# [WORK TO BE COMPLETED]
Reproduce all records exactly.

※ ※ ※

//! Cells, and the events that name objects and cells.
use crate::play::{Row, follow};
use crate::steps::{Ask, Step, Tell};
use std::test::Fail;

static EVENTS: [Row; 59] = [
    (Step::By(1, Ask::ReadCount), "7 0"),
    (Step::By(1, Ask::ReadName), "\"\" 0"),
    (Step::By(1, Ask::WriteCount(-3)), "0 0"),
    (Step::By(2, Ask::ReadCount), "-3 0"),
    (Step::By(1, Ask::WriteName("hello")), "0 0"),
    (Step::By(1, Ask::WriteName("a")), "0 0"),
    (Step::By(2, Ask::ReadName), "\"a\" 0"),
    (Step::Script(Tell::SetInt("count", 9)), "0 0"),
    (Step::By(1, Ask::ReadCount), "9 0"),
    // Of two GLOBAL scalars of one name the one with the lesser cell counts.
    (Step::Script(Tell::SetInt("COUNT", 10)), "0 0"),
    (Step::By(1, Ask::ReadCount), "10 0"),
    (Step::Script(Tell::SetText("Count", "x")), "10 10"),
    (Step::Script(Tell::SetInt("name", 1)), "10 10"),
    (Step::Script(Tell::SetText("NAME", "z")), "0 0"),
    (Step::By(1, Ask::ReadName), "\"z\" 0"),
    (Step::Script(Tell::SetInt("nobody", 1)), "5 5"),
    (Step::Script(Tell::SetText("", "")), "5 5"),
    (Step::By(1, Ask::Trace("t")), "0 0"),
    (Step::Script(Tell::Put("s", 1, "x")), "5 5"),
    (Step::Script(Tell::Signal("s")), "5 5"),
    // A semaphore and a queue may have one name, and are numbered by one count.
    (Step::By(1, Ask::SemOpen("s", 1)), "1 0"),
    (Step::By(1, Ask::QueOpen("s", 1)), "2 0"),
    (Step::Script(Tell::Put("S", 1, "x")), "5 5"),
    (Step::Script(Tell::Signal("S")), "5 5"),
    (Step::Script(Tell::Put("s", 4, "x")), "0 0"),
    (Step::By(1, Ask::QueLength(2)), "1 0"),
    (Step::By(2, Ask::QueRead(2, 2)), "10 10"),
    (Step::By(2, Ask::QueRead(2, 1)), "0 0 4 \"x\""),
    (Step::By(2, Ask::QueRead(2, 0)), "3 3"),
    (Step::By(2, Ask::QueRead(2, 1)), "waits"),
    (Step::Tasks, "1 ready, 2 waits queue 2, live 1 2"),
    (
        Step::Script(Tell::Put("s", -1, "")),
        "0 0; 2 gets 0 0 -1 \"\"",
    ),
    (Step::By(1, Ask::QueLength(2)), "0 0"),
    (Step::By(2, Ask::QueRead(2, 1)), "waits"),
    (
        Step::By(1, Ask::QueWrite(2, 8, "w")),
        "0 0; 2 gets 0 0 8 \"w\"",
    ),
    (Step::Script(Tell::Signal("s")), "0 0"),
    (Step::By(1, Ask::SemWait(1, 0)), "0 0"),
    (Step::By(1, Ask::SemWait(1, 0)), "0 0"),
    (Step::By(1, Ask::SemWait(1, 0)), "2 2"),
    (Step::By(2, Ask::SemWait(1, -1)), "waits"),
    (Step::Script(Tell::Signal("s")), "0 0; 2 gets 0 0"),
    (Step::By(1, Ask::SemClose(1)), "0 0"),
    (Step::Script(Tell::Signal("s")), "5 5"),
    (Step::By(2, Ask::QueRead(2, 1)), "waits"),
    (Step::By(1, Ask::QueClose(2)), "0 0; 2 gets 1 1"),
    (Step::Script(Tell::Put("s", 1, "x")), "5 5"),
    (Step::By(1, Ask::SemSignal(1)), "1 1"),
    (Step::By(1, Ask::SemWait(1, 0)), "1 1"),
    (Step::By(1, Ask::SemClose(1)), "1 1"),
    (Step::By(1, Ask::QueWrite(2, 1, "x")), "1 1"),
    (Step::By(1, Ask::QueRead(2, 0)), "1 1"),
    (Step::By(1, Ask::QueLength(2)), "-1 1"),
    (Step::By(1, Ask::QueClose(2)), "1 1"),
    // A number is never used again.
    (Step::By(1, Ask::QueOpen("s", 2)), "3 0"),
    (Step::By(1, Ask::QueOpen("s", 1)), "-1 4"),
    (Step::By(1, Ask::SemOpen("s", 0)), "-1 5"),
    (Step::By(1, Ask::SemOpen("", 2)), "-1 10"),
    (Step::By(1, Ask::Enter("")), "10 10"),
    (Step::By(1, Ask::Leave("a")), "6 6"),
];

#[test]
fn each_answer_to_events_that_name_something(rt: HostRuntime) -> Result<(), Fail> {
    follow(&rt, rt.alloc(), 2, &EVENTS)
}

※ ※ ※

# [RESPONSE AREA]
//! Cells, and the events that name objects and cells.
use crate::play::{Row, follow};
use crate::steps::{Ask, Step, Tell};
use std::test::Fail;

static EVENTS: [Row; 59] = [
    (Step::By(1, Ask::ReadCount), "7 0"),
    (Step::By(1, Ask::ReadName), "\"\" 0"),
    (Step::By(1, Ask::WriteCount(-3)), "0 0"),
    (Step::By(2, Ask::ReadCount), "-3 0"),
    (Step::By(1, Ask::WriteName("hello")), "0 0"),
    (Step::By(1, Ask::WriteName("a")), "0 0"),
    (Step::By(2, Ask::ReadName), "\"a\" 0"),
    (Step::Script(Tell::SetInt("count", 9)), "0 0"),
    (Step::By(1, Ask::ReadCount), "9 0"),
    // Of two GLOBAL scalars of one name the one with the lesser cell counts.
    (Step::Script(Tell::SetInt("COUNT", 10)), "0 0"),
    (Step::By(1, Ask::ReadCount), "10 0"),
    (Step::Script(Tell::SetText("Count", "x")), "10 10"),
    (Step::Script(Tell::SetInt("name", 1)), "10 10"),
    (Step::Script(Tell::SetText("NAME", "z")), "0 0"),
    (Step::By(1, Ask::ReadName), "\"z\" 0"),
    (Step::Script(Tell::SetInt("nobody", 1)), "5 5"),
    (Step::Script(Tell::SetText("", "")), "5 5"),
    (Step::By(1, Ask::Trace("t")), "0 0"),
    (Step::Script(Tell::Put("s", 1, "x")), "5 5"),
    (Step::Script(Tell::Signal("s")), "5 5"),
    // A semaphore and a queue may have one name, and are numbered by one count.
    (Step::By(1, Ask::SemOpen("s", 1)), "1 0"),
    (Step::By(1, Ask::QueOpen("s", 1)), "2 0"),
    (Step::Script(Tell::Put("S", 1, "x")), "5 5"),
    (Step::Script(Tell::Signal("S")), "5 5"),
    (Step::Script(Tell::Put("s", 4, "x")), "0 0"),
    (Step::By(1, Ask::QueLength(2)), "1 0"),
    (Step::By(2, Ask::QueRead(2, 2)), "10 10"),
    (Step::By(2, Ask::QueRead(2, 1)), "0 0 4 \"x\""),
    (Step::By(2, Ask::QueRead(2, 0)), "3 3"),
    (Step::By(2, Ask::QueRead(2, 1)), "waits"),
    (Step::Tasks, "1 ready, 2 waits queue 2, live 1 2"),
    (
        Step::Script(Tell::Put("s", -1, "")),
        "0 0; 2 gets 0 0 -1 \"\"",
    ),
    (Step::By(1, Ask::QueLength(2)), "0 0"),
    (Step::By(2, Ask::QueRead(2, 1)), "waits"),
    (
        Step::By(1, Ask::QueWrite(2, 8, "w")),
        "0 0; 2 gets 0 0 8 \"w\"",
    ),
    (Step::Script(Tell::Signal("s")), "0 0"),
    (Step::By(1, Ask::SemWait(1, 0)), "0 0"),
    (Step::By(1, Ask::SemWait(1, 0)), "0 0"),
    (Step::By(1, Ask::SemWait(1, 0)), "2 2"),
    (Step::By(2, Ask::SemWait(1, -1)), "waits"),
    (Step::Script(Tell::Signal("s")), "0 0; 2 gets 0 0"),
    (Step::By(1, Ask::SemClose(1)), "0 0"),
    (Step::Script(Tell::Signal("s")), "5 5"),
    (Step::By(2, Ask::QueRead(2, 1)), "waits"),
    (Step::By(1, Ask::QueClose(2)), "0 0; 2 gets 1 1"),
    (Step::Script(Tell::Put("s", 1, "x")), "5 5"),
    (Step::By(1, Ask::SemSignal(1)), "1 1"),
    (Step::By(1, Ask::SemWait(1, 0)), "1 1"),
    (Step::By(1, Ask::SemClose(1)), "1 1"),
    (Step::By(1, Ask::QueWrite(2, 1, "x")), "1 1"),
    (Step::By(1, Ask::QueRead(2, 0)), "1 1"),
    (Step::By(1, Ask::QueLength(2)), "-1 1"),
    (Step::By(1, Ask::QueClose(2)), "1 1"),
    // A number is never used again.
    (Step::By(1, Ask::QueOpen("s", 2)), "3 0"),
    (Step::By(1, Ask::QueOpen("s", 1)), "-1 4"),
    (Step::By(1, Ask::SemOpen("s", 0)), "-1 5"),
    (Step::By(1, Ask::SemOpen("", 2)), "-1 10"),
    (Step::By(1, Ask::Enter("")), "10 10"),
    (Step::By(1, Ask::Leave("a")), "6 6"),
];

#[test]
fn each_answer_to_events_that_name_something(rt: HostRuntime) -> Result<(), Fail> {
    follow(&rt, rt.alloc(), 2, &EVENTS)
}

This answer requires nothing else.